本文基于linux 3.10.104 x86_64内核,接上篇针对epoll ET和LT不同模式下的事件处理进行分析,对应源码位于fs/eventpoll.c。
ET和LT对于监听fd事件就绪时发送给用户的回调函数ep_send_events_proc处理有些区别:
static int ep_send_events_proc(struct eventpoll *ep, struct list_head *head,
void *priv)
{
struct ep_send_events_data *esed = priv;
int eventcnt;
unsigned int revents;
struct epitem *epi;
struct epoll_event __user *uevent;
struct wakeup_source *ws;
poll_table pt;
init_poll_funcptr(&pt, NULL);
/*
* We can loop without lock because we are passed a task private list.

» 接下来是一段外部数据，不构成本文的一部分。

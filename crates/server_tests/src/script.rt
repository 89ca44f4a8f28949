//! A reader that gives what it was told to.
ghost use Rattle.std.specs.Prelude.{◌≡◌};

use byte_streams::{ByteIn, Failed};
use redis_servers::Pause;

/// Replies, one after the other.
pub type Replies = &'static [&'static [u8]];

/// Gives one reply after the other, each in pieces of so many bytes at most, so that nothing of a reply is read before
/// the one before it was.
#[derive(Drop)]
pub struct Script {
    replies: Replies,
    left: &'static [u8],
    size: usize,
    ends: u64,
}

impl Script {
    pub fn new(replies: Replies, size: usize) -> Self {
        Self {
            replies,
            left: b"",
            size,
            ends: 0,
        }
    }
}

impl ByteIn for Script {
    ghost gave = { λ x n bytes y. Unit {0} };

    ghost ends = { λ x. x.ends };

    ghost failures = { λ x. 0 };

    fn read(&mut self, buffer: &mut [u8]) -> Result<usize, Failed> {
        if self.left.is_empty() {
            self.take_reply();
        }
        let count = self.left.len().min(self.size).min(buffer.len());
        if count == 0 {
            self.ends = self.ends.wrapping_add(1);
            return Ok(0);
        }
        let (piece, rest) = self.left.split_at(count);
        buffer[..count].copy_from_slice(piece);
        self.left = rest;
        Ok(count)
    }

    ghost gave_none = { λ x. tt };

    ghost gave_then = { λ x y z m n a b h k. tt };
}

impl Script {
    fn take_reply(&mut self)
        ensures { self.new.ends ≡ self.old.ends }
    {
        if let [first, rest @ ..] = self.replies {
            self.left = first;
            self.replies = rest;
        }
    }
}

/// A clock whose time is over after so many pauses.
#[derive(Drop)]
pub struct Turns {
    pub turns: u8,
    pub left: u8,
}

impl Pause for Turns {
    fn begin(&mut self) {
        self.left = self.turns;
    }

    fn pause(&mut self) -> bool {
        self.left = self.left.saturating_sub(1);
        self.left > 0
    }
}
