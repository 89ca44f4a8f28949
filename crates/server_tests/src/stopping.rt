//! What ends a port, and what it says then.
use crate::plans::{call, one_key};
use crate::script::Replies;
use crate::servers::{NONE, OK, ONE, ScriptedPort, port, survey, written};
use cluster_admin::{AdminCommand, AdminFault, AdminPort, AdminReply, PortFault};
use key_slots::{NodeId, OwnerTable, Slot};
use redis_servers::ServersSeat;
use std::process::Abort;
use std::test::Fail;

/// The reply to SETSLOT .. STABLE, the refusal that it is, if it is one, and what is said.
const ENDS: &[(Replies, Option<AdminFault>, Option<&[u8]>)] = &[
    (
        &[b"-ERR I'm not the owner of hash slot 5\r\n", OK],
        Some(AdminFault::NotOwner),
        Some(b"ERR I'm not the owner of hash slot 5"),
    ),
    (
        &[b"-CLUSTERDOWN The cluster is down\r\n", OK],
        None,
        Some(
            b"CLUSTERDOWN The cluster is down; the cluster serves no keys: ask each node for CLUSTER INFO",
        ),
    ),
    (&[b"+QUEUED\r\n", OK], None, STRANGE),
    (&[b":1\r\n", OK], None, STRANGE),
    (
        &[b"+OK\r\n+OK\r\n", OK],
        None,
        Some(b"n0 answered something that is no reply"),
    ),
    (
        &[],
        None,
        Some(b"n0 ended the connection, or gave no answer in time"),
    ),
];

const STRANGE: Option<&[u8]> = Some(b"n0 answered something strange");

/// After a refusal, another error, a strange reply, more than a reply, and no reply nothing is sent.
#[test]
fn nothing_is_sent_after_an_end(rt: HostRuntime) -> Result<(), Fail> {
    let alloc = rt.alloc();
    for (replies, refusal, said) in ENDS {
        let mut port = port(alloc, *replies, ONE, NONE)?;
        let mut seat = ServersSeat::new(alloc)?;
        let answer = call(&mut port, &mut seat, 0, AdminCommand::Stable(Slot::of(5)));
        assert!(rt; is_end(&answer, *refusal));
        assert!(rt; has_said(&port, *said));
        let later = call(&mut port, &mut seat, 1, AdminCommand::Stable(Slot::of(6)));
        assert!(rt; matches!(&later, Err(PortFault::Wire)));
        assert!(rt; written(&port, 1).is_empty());
    }
    Ok(())
}

fn is_end(answer: &Result<AdminReply, PortFault>, refusal: Option<AdminFault>) -> bool {
    match answer {
        Ok(AdminReply::Refused(fault)) => refusal == Some(*fault),
        Ok(_) => false,
        Err(_) => refusal.is_none(),
    }
}

fn has_said(port: &ScriptedPort, wanted: Option<&[u8]>) -> bool {
    match port.said() {
        Some(text) => wanted == Some(text.get()),
        None => wanted.is_none(),
    }
}

const REPLICA: Replies = &[b"-ERR Please use SETSLOT only with masters.\r\n"];

/// A node that became a replica without being emptied has failed over.
#[test]
fn a_replica_ends_the_run(rt: HostRuntime) -> Result<(), Fail> {
    let alloc = rt.alloc();
    let mut port = port(alloc, REPLICA, ONE, NONE)?;
    let mut seat = ServersSeat::new(alloc)?;
    let given = AdminCommand::SetNode(Slot::of(5), NodeId::of(1));
    assert!(rt; is_end(&call(&mut port, &mut seat, 0, given), None));
    assert!(rt; has_said(&port, Some(b"ERR Please use SETSLOT only with masters.")));
    Ok(())
}

const SLOW: Replies = &[b"-NOREPLICAS Not enough good replicas to write.\r\n"];

/// Whose replicas are too slow is told.
#[test]
fn slow_replicas_end_the_run(rt: HostRuntime) -> Result<(), Fail> {
    let alloc = rt.alloc();
    let mut port = port(alloc, SLOW, ONE, NONE)?;
    let mut seat = ServersSeat::new(alloc)?;
    let given = AdminCommand::SetNode(Slot::of(5), NodeId::of(1));
    assert!(rt; is_end(&call(&mut port, &mut seat, 0, given), None));
    let told = b"replicas of n0: NOREPLICAS Not enough good replicas to write.";
    assert!(rt; has_said(&port, Some(told)));
    Ok(())
}

/// A MIGRATE to the node itself is not sent.
#[test]
fn what_a_port_knows_itself(rt: HostRuntime) -> Result<(), Fail> {
    let alloc = rt.alloc();
    let mut port = port(alloc, NONE, ONE, NONE)?;
    let mut seat = ServersSeat::new(alloc)?;
    let migrate = AdminCommand::Migrate(one_key(alloc, b"b")?, NodeId::of(1));
    let answer = call(&mut port, &mut seat, 1, migrate);
    assert!(rt; is_end(&answer, Some(AdminFault::SameNode)));
    assert!(rt; written(&port, 1).is_empty());
    Ok(())
}

/// The survey that the port was made with is the one that it tells.
#[test]
fn the_survey_is_told(rt: HostRuntime) -> Result<(), Fail> {
    let alloc = rt.alloc();
    let port = port(alloc, NONE, NONE, NONE)?;
    let mut seat = ServersSeat::new(alloc)?;
    assert!(rt; port.is_clean(&OwnerTable::even(alloc, 3, 3)?));
    assert!(rt; !port.is_clean(&OwnerTable::even(alloc, 3, 2)?));
    assert!(rt; port.matches(&mut seat, &survey(alloc)?));
    let told = port.survey(&mut seat)?;
    assert!(rt; told.nodes() == 3);
    assert!(rt; port.matches(&mut seat, &told));
    Ok(())
}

* Items cannot vanish during the loop because ep_scan_ready_list() is
* holding "mtx" during this call.
*/
for (eventcnt = 0, uevent = esed->events;
!list_empty(head) && eventcnt < esed->maxevents;) {
epi = list_first_entry(head, struct epitem, rdllink);
/*
* Activate ep->ws before deactivating epi->ws to prevent
* triggering auto-suspend here (in case we reactive epi->ws
* below).
*
* This could be rearranged to delay the deactivation of epi->ws
* instead, but then epi->ws would temporarily be out of sync
* with ep_is_linked().
*/
ws = ep_wakeup_source(epi);
if (ws) {
if (ws->active)
__pm_stay_awake(ep->ws);
__pm_relax(ws);
}
list_del_init(&epi->rdllink);
revents = ep_item_poll(epi, &pt);
/*
* If the event mask intersect the caller-requested one,
* deliver the event to userspace. Again, ep_scan_ready_list()
* is holding "mtx", so no operations coming from userspace
* can change the item.
*/
if (revents) {
if (__put_user(revents, &uevent->events) ||
__put_user(epi->event.data, &uevent->data)) {
list_add(&epi->rdllink, head);
ep_pm_stay_awake(epi);
return eventcnt ? eventcnt : -EFAULT;
}
eventcnt++;
uevent++;
if (epi->event.events & EPOLLONESHOT)
epi->event.events &= EP_PRIVATE_BITS;
else if (!(epi->event.events & EPOLLET)) {
/*
* If this file has been added with Level
* Trigger mode, we need to insert back inside
* the ready list, so that the next call to
* epoll_wait() will check again the events
* availability. At this point, no one can insert
* into ep->rdllist besides us. The epoll_ctl()
* callers are locked out by
* ep_scan_ready_list() holding "mtx" and the
* poll callback will queue them in ep->ovflist.
*/
list_add_tail(&epi->rdllink, &ep->rdllist);
ep_pm_stay_awake(epi);
}
}
}
return eventcnt;
}
重点看第60行分支处理,在非ET模式下,仍然会将该含就绪事件的fd对应epitem重新插入回就绪列表,以便epoll_wait下一次调用继续处理。
当用户场景下有大量短连接时,epoll对于红黑树频繁的插入和删除操作也会有性能蜕化;对于ET和LT模式的使用,LT对于未处理的事件不会丢掉,使用更简单,ET下若用户漏掉处理,就绪事件则会丢失掉,编程处理上有一定复杂性;当用户场景下处理大量fd但仅有少量活跃连接时,epoll则相对更高效。